The way I see it, for anything above 50cc you need a Motorcycle Endorsement, however the 2 wheeler not necessarily is a motorcycle.

We used to have a lot of these (what we call scooters) in Belgium in the eighties and nineties:

We called it a DAX, because above is based on the first european company DAX to release bikes with little wheels, and minimalistic looks.
They usually would come in 50cc 75cc, 100cc, or 125cc. Occasionally someone would have a 150cc, but not in the nineties.
We'd call it a scooter, eventhough many websites call this a motorcycle.

I understand there's a difference between legally defining the thing, and what the thing is in the street language.

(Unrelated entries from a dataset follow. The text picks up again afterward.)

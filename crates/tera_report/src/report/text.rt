//! The text of a report, put piece by piece.
ghost use Rattle.std.specs.Prelude.{◌≡◌, ◌≤◌, ◌++◌, [], ◌∷◌, length, map, replicate};
ghost use Rattle.std.specs.Prelude.{take};
ghost use Rattle.std.specs.List.{flat_map};
ghost use Rattle.std.specs.Str.{chars};
ghost use Rattle.tera_report.specs.Errors.{note_of, report_of};
ghost use Rattle.tera_report.specs.Report.{caret, line_of, note_text, report_text, space, under};
ghost use Rattle.tera_report.specs.Report.{underline, width};
ghost use Rattle.tera_report.specs.inner.Report.{frame_text, shown_place};
ghost use Rattle.tera_report.specs.Sink.{PutsThese};

use super::source::numbered_line;
use super::{Note, ReportError};
use crate::sink::Sink;
use crate::span::Span;
use crate::words::put_all;
use itoa::Buffer;

/// As many spaces as a number has digits, and more.
const SPACES: &str = "                                        ";

/// As many carets as are put at once.
const CARETS: &str = "^^^^^^^^^^^^^^^^^^^^^^^^^^^^^^^^^^^^^^^^^^^^^^^^^^^^^^^^^^^^^^^^";

impl ReportError {
    /// Puts the whole report. Answers an error only where the sink refused a piece. Takes no memory
    /// of its own.
    pub fn tell_to<S: Sink>(&self, out: &mut S) -> Result<(), S::Fault>
        ensures { PutsThese S.takes S.fails result (report_text (report_of self.now))
            out.old out.new }
    {
        self.tell_with(self.line(), out)
    }

    /// The line of its source that the report shows.
    pub(super) fn line(&self) -> &str
        ensures { result.now ≡ line_of (report_of self.now) }
    {
        numbered_line(self.source.as_str(), self.span.start_line)
    }

    /// Puts the whole report, whose line is given.
    pub(super) fn tell_with<S: Sink>(&self, line: &str, out: &mut S) -> Result<(), S::Fault>
        requires { line.now ≡ line_of (report_of self.now) }
        ensures { PutsThese S.takes S.fails result (report_text (report_of self.now))
            out.old out.new }
    {
        put_all(
            &[
                "error: ",
                self.message.as_str(),
                "\n",
                margin(Buffer::new().format(self.span.start_line)),
                "--> ",
            ],
            out,
        )?;
        put_place(self.filename.as_str(), line, &self.span, out)?;
        put_notes(self.notes.as_slice(), out)
    }
}

// Puts the notes, one after another.
fn put_notes<S: Sink>(notes: &[Note], out: &mut S) -> Result<(), S::Fault>
    ensures { PutsThese S.takes S.fails result (flat_map note_text (map note_of notes.now))
        out.old out.new }
{
    for note in notes {
        put_note(note, out)?;
    }
    Ok(())
}

fn put_note<S: Sink>(note: &Note, out: &mut S) -> Result<(), S::Fault>
    ensures { PutsThese S.takes S.fails result (note_text (note_of note.now)) out.old out.new }
{
    put_all(&["\n\nnote: ", note.label.as_str(), " "], out)?;
    let line = numbered_line(note.source.as_str(), note.span.start_line);
    put_place(note.filename.as_str(), line, &note.span, out)
}

// Puts where it is, and below it its line.
fn put_place<S: Sink>(file: &str, line: &str, span: &Span, out: &mut S) -> Result<(), S::Fault>
    ensures { PutsThese S.takes S.fails result (shown_place file.now line.now span.now)
        out.old out.new }
{
    put_frame(
        file,
        Buffer::new().format(span.start_line),
        Buffer::new().format(span.start_col as u128 + 1),
        line,
        out,
    )?;
    put_underline(line, span, out)
}

// Puts all of that up to what stands under the line.
fn put_frame<'x, S: Sink>(
    file: &'x str,
    number: &'x str,
    column: &'x str,
    line: &'x str,
    out: &mut S,
) -> Result<(), S::Fault>
    requires { length number.now ≤ 40 }
    ensures { PutsThese S.takes S.fails result
        (frame_text file.now number.now column.now line.now) out.old out.new }
{
    put_all(
        &[
            file,
            ":",
            number,
            ":",
            column,
            "\n",
            margin(number),
            " |\n",
            number,
            " | ",
            line,
            "\n",
            margin(number),
            " | ",
        ],
        out,
    )
}

// As many spaces as a number has digits.
fn margin<'x>(number: &'x str) -> &'x str
    requires { length number.now ≤ 40 }
    ensures { result.now ≡ replicate (length number.now) space }
{
    &SPACES[..number.len()]
}

// Puts what stands under a line.
fn put_underline<S: Sink>(line: &str, span: &Span, out: &mut S) -> Result<(), S::Fault>
    ensures { PutsThese S.takes S.fails result (underline line.now span.now) out.old out.new }
{
    put_columns(line, span.start_col, out)?;
    put_carets(width(span), out)
}

// Puts a tab for each tab and a space for any other of so many first characters.
fn put_columns<S: Sink>(line: &str, count: usize, out: &mut S) -> Result<(), S::Fault>
    ensures { PutsThese S.takes S.fails result (map under (take count (chars line.now)))
        out.old out.new }
{
    let mut rest = line.chars();
    for column in 0..count {
        let Some(c) = rest.next() else {
            break;
        };
        out.put(mark(c))?;
    }
    Ok(())
}

// What stands under a character.
fn mark(c: char) -> &'static str
    ensures { result.now ≡ under c ∷ [] }
{
    if c == '\t' { "\t" } else { " " }
}

// Puts so many carets.
fn put_carets<S: Sink>(count: usize, out: &mut S) -> Result<(), S::Fault>
    ensures { PutsThese S.takes S.fails result (replicate count caret) out.old out.new }
{
    let mut left = count;
    'chunks: while left > CARETS.len() {
        out.put(CARETS)?;
        left -= CARETS.len();
    }
    out.put(&CARETS[..left])
}

/// How many carets there are: as many as the span has columns, and one where it has none.
pub(super) fn width(span: &Span) -> usize
    ensures { result ≡ width span.now }
{
    if span.start_col < span.end_col {
        span.end_col - span.start_col
    } else {
        1
    }
}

In the nineties, usually anything with a small engine (sub 150cc) was called a scooter.
Then they started having Honda CBR 125 and 150cc, which where seen as a motorcycle. Heck, they even had a 50cc CBR clone; which was also seen as a motorcycle.
And then, in the 2000's when Suzuki got their burgmans, with 400, and 650cc, it's seen as a scooter.
So I suppose scooter had more to do with layout than cc's, or power.

Fact that those machines just happened, and never got universally defined, causes many to use different naming for the same bike.

On the motorcycle forum, some older gents, call their 250cc motorcycles, scoots, because it's nothing compared to a 650cc, or a 2200cc motorcycle.